Circulando ambos em torno de um triângulo – em “Brief Encounters”, amoroso; em “The Long Farewell”, de afetos familiares -, as duas obras mostram raros focos no feminino, ora subjugados (ou reduzidos) por uma entidade omnipresente, ora enjaulados em dilemas internos que se transformam em obsessões. “Ela não é uma mulher, mas uma encarregada[do Comité Distrital local]”, ouve-se em “Breves Encontros”, quando a nossa protagonista, Valentina [a própria Muratova], visita uma bloco de apartamentos e nega o acesso a eles à população, pois estes não têm água canalizada. “Os aquedutos existem desde o Império Romano, mas ainda não chegaram aqui”, diz Valentina à sua paixão, Maksim (Vladimir Vysotsky), um geólogo que noutra fase da vida teve uma relação com Nadia (Nina Ruslanova), uma jovem que veio do “campo para a cidade” e agora trabalha para Valentina.




Avaliando a condição da mulher soviética, segundo múltiplas perspetivas, com um sentido estético de apresentar o passado e o presente, via uma montagem descontínua, de recurso curioso aos flashbacks sem muletas visuais, “Breves Encontros” não apenas renega o “realismo socialista”, mas mostra falhas burocráticas de um sistema que se dizia perfeito, enquanto lida com duas paixões assíncronas, num jogo de afeições marcadas pela ausência de um vórtice emocional com o qual não se imagina viver sem.
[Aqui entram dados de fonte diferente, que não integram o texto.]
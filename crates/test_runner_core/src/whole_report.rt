// The whole report: of a planned run, and of what is refused before one.
ghost use Rattle.std.specs.Prelude.{◌≡◌, ◌+◌, ◌^◌, ◌<◌, ◌≤◌, [], ◌∷◌, IfOk, string_bytes};
ghost use Rattle.test_runner_core_log_reader.specs.Limits.{log_reads};
ghost use Rattle.test_runner_core_planning.specs.Texts.{status_of};
ghost use Rattle.test_runner_core_reporter.specs.Parts.{Said};
ghost use Rattle.test_runner_core_reporter.specs.Writes as reporting;
ghost use Rattle.test_runner_core.specs.Faults.{CountsReadFailures, CountsWriteFailures};
ghost use Rattle.test_runner_core.specs.Inside.{IsBegun, IsGot, IsJudged};
ghost use Rattle.test_runner_core.specs.Near.{LinesNear};
ghost use Rattle.test_runner_core.specs.Report.{IsStatus, Reports, ending, exit_status, refused_inputs, refused_plan, refused_line};

use crate::judge_fault::JudgeFault;
use crate::judging::judge_lines;
use crate::refused_line::RefusedLine;
use std::alloc::Global;
use test_runner_core_inputs::InputsRefusal;
use test_runner_core_log_reader::LogLines;
use test_runner_core_plan::Plan;
use test_runner_core_planning::PlanFault;
use test_runner_core_reporter::{ReportFault, report_final, report_words, write_waiting};
use test_runner_core_session::RecordSession;
use test_runner_core_streams::{LogReader, ReportWriter, write_all};

// The exit status where a line, or a stream's first line, is refused.
const REFUSED: u8 = 96;

// Judges the run of a plan by the lines of a log, and writes its report.
pub(crate) fn judge_plan<R: LogReader, W: ReportWriter>(
    alloc: Global,
    plan: &Plan,
    lines: &mut LogLines,
    log: &mut R,
    report: &mut W,
) -> Result<u8, JudgeFault>
    requires calls_fit { R.calls log.old + 2 ^ 32 ≤ 2 ^ 63 }
    requires failures_fit { R.failures log.old < 2 ^ 62 }
    requires writes_fit { W.failures report.old < 2 ^ 62 }
    ensures reports { Reports result (IsJudged plan.now lines.old (R.left log.old))
        (IsGot plan.now lines.old (R.left log.old) (R.left log.new))
        (IsBegun plan.now lines.old (R.left log.old)) (W.taken report.old) (W.taken report.new) }
    ensures near { LinesNear plan.now lines.old (R.left log.old) (R.left log.new)
        (W.taken report.old) (W.taken report.new) }
    ensures status { IfOk result IsStatus }
    ensures reads { R.calls log.new ≤ R.calls log.old + log_reads }
    ensures read_failures { CountsReadFailures result (R.failures log.old) (R.failures log.new)
        (R.last_failed log.new) }
    ensures write_failures { CountsWriteFailures result (W.failures report.old)
        (W.failures report.new) (W.last_failed report.new) }
{
    let mut session = RecordSession::unprepared(alloc, plan)?;
    let mut text = String::new(alloc);
    let found = judge_lines(alloc, &mut session, lines, log, &mut text, report)?;
    Ok(end_report(alloc, &mut text, report, &session, found)?)
}

// Reports how the report of a run ends, and writes all that waits.
fn end_report<W: ReportWriter>(
    alloc: Global,
    text: &mut String,
    report: &mut W,
    session: &RecordSession<'_>,
    found: Option<RefusedLine>,
) -> Result<u8, ReportFault>
    requires writes_fit { W.failures report.old < 2 ^ 62 }
    ensures writes { reporting.WritesParts result (ending session.now.plan session.now.run found)
        (W.taken report.old) (string_bytes text.old) (W.taken report.new) (string_bytes text.new) }
    ensures empty { IfOk result (λ _. string_bytes text.new ≡ []) }
    ensures code { IfOk result (λ code. code ≡ exit_status session.now.run found) }
    ensures failures { reporting.CountsWriteFailures result (W.failures report.old)
        (W.failures report.new) (W.last_failed report.new) }
{
    let code = report_ending(alloc, text, report, session, found)?;
    write_waiting(text, report)?;
    Ok(code)
}

// Reports how the report of a run ends.
fn report_ending<W: ReportWriter>(
    alloc: Global,
    text: &mut String,
    report: &mut W,
    session: &RecordSession<'_>,
    found: Option<RefusedLine>,
) -> Result<u8, ReportFault>
    requires writes_fit { W.failures report.old < 2 ^ 62 }
    ensures writes { reporting.WritesParts result (ending session.now.plan session.now.run found)
        (W.taken report.old) (string_bytes text.old) (W.taken report.new) (string_bytes text.new) }
    ensures code { IfOk result (λ code. code ≡ exit_status session.now.run found) }
    ensures failures { reporting.CountsWriteFailures result (W.failures report.old)
        (W.failures report.new) (W.last_failed report.new) }
{
    match found {
        Some(found) => {
            report_refused_line(alloc, text, report, found)?;
            Ok(REFUSED)
        }
        None => {
            report_final(alloc, text, report, session)?;
            Ok(session.status())
        }
    }
}

// Reports which line is refused.
fn report_refused_line<W: ReportWriter>(
    alloc: Global,
    text: &mut String,
    report: &mut W,
    found: RefusedLine,
) -> Result<(), ReportFault>
    requires writes_fit { W.failures report.old < 2 ^ 62 }
    ensures writes { reporting.WritesParts result (refused_line found) (W.taken report.old)
        (string_bytes text.old) (W.taken report.new) (string_bytes text.new) }
    ensures failures { reporting.CountsWriteFailures result (W.failures report.old)
        (W.failures report.new) (W.last_failed report.new) }
{
    let words = format!(in alloc; "refused\tline\t{}\t{}\n", found.line, found.refusal)?;
    report_words(text, report, words.as_str())
}

// Writes the report of inputs that have no plan.
pub(crate) fn refuse_plan<W: ReportWriter>(
    alloc: Global,
    refusal: &PlanFault,
    report: &mut W,
) -> Result<u8, ReportFault>
    requires writes_fit { W.failures report.old < 2 ^ 62 }
    ensures writes { reporting.WritesParts result (refused_plan refusal.now) (W.taken report.old) []
        (W.taken report.new) [] }
    ensures code { IfOk result (λ code. code ≡ status_of refusal.now) }
    ensures failures { reporting.CountsWriteFailures result (W.failures report.old)
        (W.failures report.new) (W.last_failed report.new) }
{
    let words = format!(in alloc; "refused\t{}\n", refusal.name())?;
    write_words(report, words.as_str())?;
    Ok(refusal.status())
}

// Writes the report of a first line that is no inputs.
pub(crate) fn refuse_inputs<W: ReportWriter>(
    alloc: Global,
    refusal: &InputsRefusal,
    report: &mut W,
) -> Result<u8, JudgeFault>
    requires writes_fit { W.failures report.old < 2 ^ 62 }
    ensures reports { Reports result
        (λ parts code. (parts ≡ refused_inputs refusal.now) × (code ≡ 96)) (λ _. ⊥)
        (λ parts. parts ≡ refused_inputs refusal.now) (W.taken report.old) (W.taken report.new) }
    ensures status { IfOk result IsStatus }
    ensures failures { CountsWriteFailures result (W.failures report.old) (W.failures report.new)
        (W.last_failed report.new) }
{
    Ok(write_refused_inputs(alloc, refusal, report)?)
}

// The same, with the fault of reporting.
fn write_refused_inputs<W: ReportWriter>(
    alloc: Global,
    refusal: &InputsRefusal,
    report: &mut W,
) -> Result<u8, ReportFault>
    requires writes_fit { W.failures report.old < 2 ^ 62 }
    ensures writes { reporting.WritesParts result (refused_inputs refusal.now)
        (W.taken report.old) [] (W.taken report.new) [] }
    ensures code { IfOk result (λ code. code ≡ 96) }
    ensures failures { reporting.CountsWriteFailures result (W.failures report.old)
        (W.failures report.new) (W.last_failed report.new) }
{
    let words = match refusal {
        InputsRefusal::Field(path) => format!(in alloc; "refused\tField\t{path}\n")?,
        InputsRefusal::Syntax => format!(in alloc; "refused\tSyntax\n")?,
    };
    write_words(report, words.as_str())?;
    Ok(REFUSED)
}

// Writes words.
fn write_words<W: ReportWriter>(report: &mut W, words: &str) -> Result<(), ReportFault>
    requires writes_fit { W.failures report.old < 2 ^ 62 }
    ensures writes { reporting.WritesParts result (Said words.now ∷ []) (W.taken report.old) []
        (W.taken report.new) [] }
    ensures failures { reporting.CountsWriteFailures result (W.failures report.old)
        (W.failures report.new) (W.last_failed report.new) }
{
    match write_all(report, words.as_bytes()) {
        Ok(()) => Ok(()),
        Err(cause) => Err(ReportFault::Write(cause)),
    }
}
Acusado de burguês e formal, foi censurado na URSS durante 20 anos, só podendo “ganhar asas” depois da apelidada Glasnost – política implantada, juntamente com a Perestroika, durante o governo de Mikhail Gorbachev.
O mesmo destino teve “The Long Farewell”, filme onde a montagem, por vezes de cortes abruptos, e os estímulos sonoros se intensificam, mantendo-se visualmente as marcas detalhistas na “perseguição” da câmara aos seus protagonistas, seja frente a eles, seja num olhar de esguelha perante obstáculos que se atravessam no caminho, seja quando se encontram literalmente de costas voltadas.
No centro do filme está Yevgenia (Zinaida Sharko), uma mãe neurótica e controladora que entra numa espiral paranoica quando descobre que o seu filho Sasha (Oleg Vladimirsky) prefere viver com o pai, que o deixou quando era pequeno, em Novosibirsk.




Novamente marcado pelo espectro da ausência, de uma temível solidão, Muratova vai mais longe na sua confrontação do quesito do indivíduo e qual o seu papel, firmando mesmo um confronto direto, em cenas profundamente marcantes do seu filme, entre o individual e a sociedade; entre um filho e uma mãe, que no medo do envelhecer não parece ter intenções de o deixar seguir em frente; na escrita de uma carta alheia, onde as repressões e falhas que tomam conta da protagonista são mais fáceis de identificar em alguém com quem não se tem uma ligação emocional.
Que estes “Breves Encontros” com a filmografia de Kira Muratova nas salas comerciais portuguesas não sejam “O Longo Adeus” à autora no nosso circuito, mas sim um até já.